Beginning with President John F. Kennedy inspiring and changing the outlook and prospects of most young Americans, we had ended up on the moon but because of the Vietnam War and so much chaos, many young Americans wished that the government had gone into space along with the astronauts and been left there!

We were sadder but if not wiser, certainly more cynical! And angrier!

How could the early grace and hope have so quickly been subverted by such trivialities as war, deaths of young warriors, cults, assassinations of leaders and disbelieving distrust of the government?

That was the mood. Happy New Year! Would it be?

Annie Rieger drew my picture.

I met with friends at the Brasserie thinking it might be an optimistic way to start the decade. Gene Narmore (in the middle) had taken to calling himself Miles High to reflect a certain mood that was in the air.

Afterwards, we ended up at a new place that had recently opened called the Country Cousin.

In a sad post script to the ’60s, we heard that Sam Yasgur, the man on whose dairy farm the Woodstock Festival had been held, was being sued by neighboring farmers for damages caused to their property.

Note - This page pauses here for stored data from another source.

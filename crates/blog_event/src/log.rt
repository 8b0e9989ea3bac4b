//! A log that was opened: its bytes, as far as its first event a log of this profile.

ghost use Rattle.std.specs.Prelude.{◌≡◌, ◌≤◌, ◌<◌, ◌+◌, ◌^◌, length, take, drop, true, bytes_eq, Some, None, IfOk};
ghost use Rattle.std.specs.Result.{result_err};
ghost use Rattle.blog_event.specs.Event.{event_of, event_at, event_size};
ghost use Rattle.blog_event.specs.File.{magic};
ghost use Rattle.blog_event.specs.Format.{algorithm, format_fault};
ghost use Rattle.blog_event.specs.Opening.{opening_by, front_fault, unchecked};

use crate::event::Event;
use crate::fault::Fault;
use crate::format::{check_description, check_format};
use crate::reading::event_at;

/// The four bytes with which each log begins.
const MAGIC: &[u8] = b"\xfebin";

/// A log: the bytes of a file, which begins with the magic number and, at the byte position 4, a format description of
/// this profile. What comes after that event is unread.
#[derive(Clone, Copy, Debug)]
pub struct Log<'a> {
    bytes: &'a [u8],
    format: Event<'a>,
    seed: u64,
    pub ghost short: { length bytes.now < 2 ^ 32 },
    pub ghost mark: { bytes_eq (take 4 bytes.now) magic ≡ true },
    pub ghost stands: { event_at (drop 4 bytes.now) ≡ Some (event_of format) },
    pub ghost accepted: { format_fault (event_of format) ≡ None },
    pub ghost at: { format.pos ≡ 4 },
    pub ghost size: { format.header.size ≡ event_size (event_of format) },
    pub ghost within: { 4 + format.header.size ≤ length bytes.now },
}

/// Whether bytes begin with the magic number.
fn has_magic(bytes: &[u8]) -> bool
    ensures { result ≡ bytes_eq (take 4 bytes.now) magic }
{
    bytes.starts_with(MAGIC)
}

/// The event behind the magic number of a file. Fails with `TooLong` at 0 if there are more than 4,294,967,295 bytes, with
/// `NotABinlog` at 0 if they don't begin with the magic number, and with `CutEvent` at 4 if no event stands there.
fn first_event(bytes: &[u8]) -> Result<Event<'_>, Fault>
    ensures exact { result_err result ≡ opening_by unchecked bytes.now }
    ensures short { IfOk result (λ _. length bytes.now < 2 ^ 32) }
    ensures mark { IfOk result (λ _. bytes_eq (take 4 bytes.now) magic ≡ true) }
    ensures event { IfOk result (λ e. event_at (drop 4 bytes.now) ≡ Some (event_of e)) }
    ensures pos { IfOk result (λ e. e.pos ≡ 4) }
    ensures size { IfOk result (λ e. e.header.size ≡ event_size (event_of e)) }
    ensures within { IfOk result (λ e. 4 + e.header.size ≤ length bytes.now) }
{
    if bytes.len() > u32::MAX as usize {
        return Err(Fault::TooLong { pos: 0 });
    }
    if !has_magic(bytes) {
        return Err(Fault::NotABinlog { pos: 0 });
    }
    match event_at(bytes, 4) {
        Some(event) => Ok(event),
        None => Err(Fault::CutEvent { pos: 4 }),
    }
}

/// The format description of a file, the event at the byte position 4, and the checksum algorithm of the file's events: 0
/// none, 1 CRC-32; 0 for a server below 5.6.1. Fails as `Log::open` does, but never with `Checksums`.
#[tactic(auto, unfolding(crate::specs::Opening::front_fault))]
pub fn format_description(bytes: &[u8]) -> Result<(Event<'_>, u8), Fault>
    ensures exact { result_err result ≡ front_fault bytes.now }
    ensures short { IfOk result (λ _. length bytes.now < 2 ^ 32) }
    ensures event { IfOk result (λ found. event_at (drop 4 bytes.now) ≡ Some (event_of found.0)) }
    ensures pos { IfOk result (λ found. found.0.pos ≡ 4) }
    ensures size { IfOk result (λ found. found.0.header.size ≡ event_size (event_of found.0)) }
    ensures within { IfOk result (λ found. 4 + found.0.header.size ≤ length bytes.now) }
    ensures algorithm { IfOk result (λ found. found.1 ≡ algorithm found.0.body.now) }
{
    let event = first_event(bytes)?;
    let algorithm = check_description(&event)?;
    Ok((event, algorithm))
}

impl<'a> Log<'a> {
    ghost use Rattle.std.specs.Prelude.{Option, option_map, Ok, Err, IfErr};
    ghost use Rattle.std.specs.Result.{result_ok};
    ghost use Rattle.blog_event.specs.declared.fault.Fault.TheVariants.{CutEvent};
    ghost use Rattle.blog_event.specs.Opening.{opening_fault};
    ghost use Rattle.blog_event.specs.code.LogView.{log_bytes, log_seed};

    /// Opens the bytes of a file as a log. Fails at the first of these that holds: with `TooLong` at 0 if there are more
    /// than 4,294,967,295; with `NotABinlog` at 0 if they don't begin with the magic number; with `CutEvent` at 4 if no event
    /// stands there; with `BadFormat`, `OldServer` or `Checksums` at 4 if that event isn't a format description of this
    /// profile.
    #[tactic(auto, unfolding(crate::specs::Opening::opening_fault))]
    pub fn open(bytes: &'a [u8]) -> Result<Log<'a>, Fault>
        ensures exact { result_err result ≡ opening_fault bytes.now }
        ensures bytes { IfOk result (λ log. log_bytes log ≡ bytes.now) }
        ensures seed { IfOk result (λ log. log_seed log ≡ 0) }
    {
        let format = first_event(bytes)?;
        check_format(&format)?;
        Ok(Log {
            bytes,
            format,
            seed: 0,
        })
    }

    /// Returns the same log with another seed for hashing the names and ids of its tables. Nobody who doesn't know the
    /// seed can choose names or ids that collide. It changes how long calls take, but none of their results.
    pub fn with_seed(self, seed: u64) -> Log<'a>
        ensures bytes { log_bytes result ≡ log_bytes self.entry }
        ensures seed { log_seed result ≡ seed }
    {
        Log {
            bytes: self.bytes,
            format: self.format,
            seed,
        }
    }

    /// Returns the seed for hashing, which is 0 after `open`.
    pub fn seed(&self) -> u64
        ensures { result ≡ log_seed self.now }
    {
        self.seed
    }

    /// The bytes of the file.
    pub fn bytes(&self) -> &'a [u8]
        ensures bytes { result.now ≡ log_bytes self.now }
    {
        self.bytes
    }

    /// The format description, the event at the byte position 4.
    pub fn format(&self) -> Event<'a>
        ensures event { event_at (drop 4 (log_bytes self.now)) ≡ Some (event_of result) }
        ensures pos { result.pos ≡ 4 }
        ensures size { result.header.size ≡ event_size (event_of result) }
        ensures accepted { format_fault (event_of result) ≡ None }
        ensures opened { opening_fault (log_bytes self.now) ≡ None }
    {
        self.format
    }

    /// Where the second event begins, in bytes from the file's start: the first byte after the format description.
    pub fn first(&self) -> u32
        ensures event { option_map (λ e. 4 + event_size e) (event_at (drop 4 (log_bytes self.now))) ≡ Some result }
        ensures within { result ≤ length (log_bytes self.now) }
    {
        4 + self.format.header.size
    }

    /// How many bytes the log has: the byte position of its end.
    pub fn end(&self) -> u32
        ensures len { result ≡ length (log_bytes self.now) }
    {
        self.bytes.len() as u32
    }

    /// The event whose header begins at the byte position `at`. Fails with `CutEvent` at `at` if none stands there: fewer
    /// than 19 bytes are left, or the event's size is below 19 or reaches past the log's end.
    pub fn event_at(&self, at: u32) -> Result<Event<'a>, Fault>
        ensures event { option_map event_of (result_ok result) ≡ event_at (drop at (log_bytes self.now)) }
        ensures fault { IfErr result (λ fault. fault ≡ CutEvent at) }
        ensures pos { IfOk result (λ e. e.pos ≡ at) }
        ensures size { IfOk result (λ e. e.header.size ≡ event_size (event_of e)) }
        ensures within { IfOk result (λ e. at + e.header.size ≤ length (log_bytes self.now)) }
    {
        match event_at(self.bytes, at) {
            Some(event) => Ok(event),
            None => Err(Fault::CutEvent { pos: at }),
        }
    }
}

Yasgur’s dairy farm had been virtually destroyed but he sympathized with the young people.

The Yasgur farm before the festival.

Some things in my Yorkville neighborhood didn’t change. The L & H German Restaurant and Bakery still had the sturdy German woman selling bakery goods and there were still Hungarian customers filling the tables.

And there was still the tiny Kis Little Hungarian Restaurant on Second Avenue around the corner from my apartment.

Paul Bartel invited me to his apartment to meet Bob Bailin, a young cinematographer he’d recently met. Bailin would go on to work on several Superman movies and other major studio films. Another young man was named Moeller but I didn’t get his first name.

Bob Bailin and Mr. Moeller.

A few nights later I went downtown to Max’s Kansas City with friends.

The artists who were still coming and in the back room’s inner sanctum were the Warhol superstars; or what was left of them!

Jackie Curtis was there in full drag as his Warhol persona. Was it really ten years earlier when I’d just moved to New York and living in Greenwich Village that he was a fresh faced local kid — one of the regulars I’d see everywhere?

My brother was in New York again working at Columbia Records and his good friend, Dan Simon, a lawyer like my brother, was in town also. I’d brought him down to Max’s as it had been getting so much press he was curious to see what all the noise was about.

He saw.

After a bit we went uptown to meet my brother at Elaine’s, the total opposite of Max’s.

My brother Richard was already there visiting with Elaine.

Elaine’s ex-bartender and some said boyfriend, Jack Allen, had bought The Four Oaks in Beverly Glen, Bel Air.

It had been an old resort restaurant and small hotel and Jack wanted to restore and reopen it. My brother and his wife Nancy and two-year-old daughter lived directly across the road from it and my brother had helped Jack with some legal details.  Jack had told Elaine about it so she greeted Rich with genuinely open arms!

We got a very good table in the middle of all the activity and Dan had gotten an unusually good dose of New York by Night!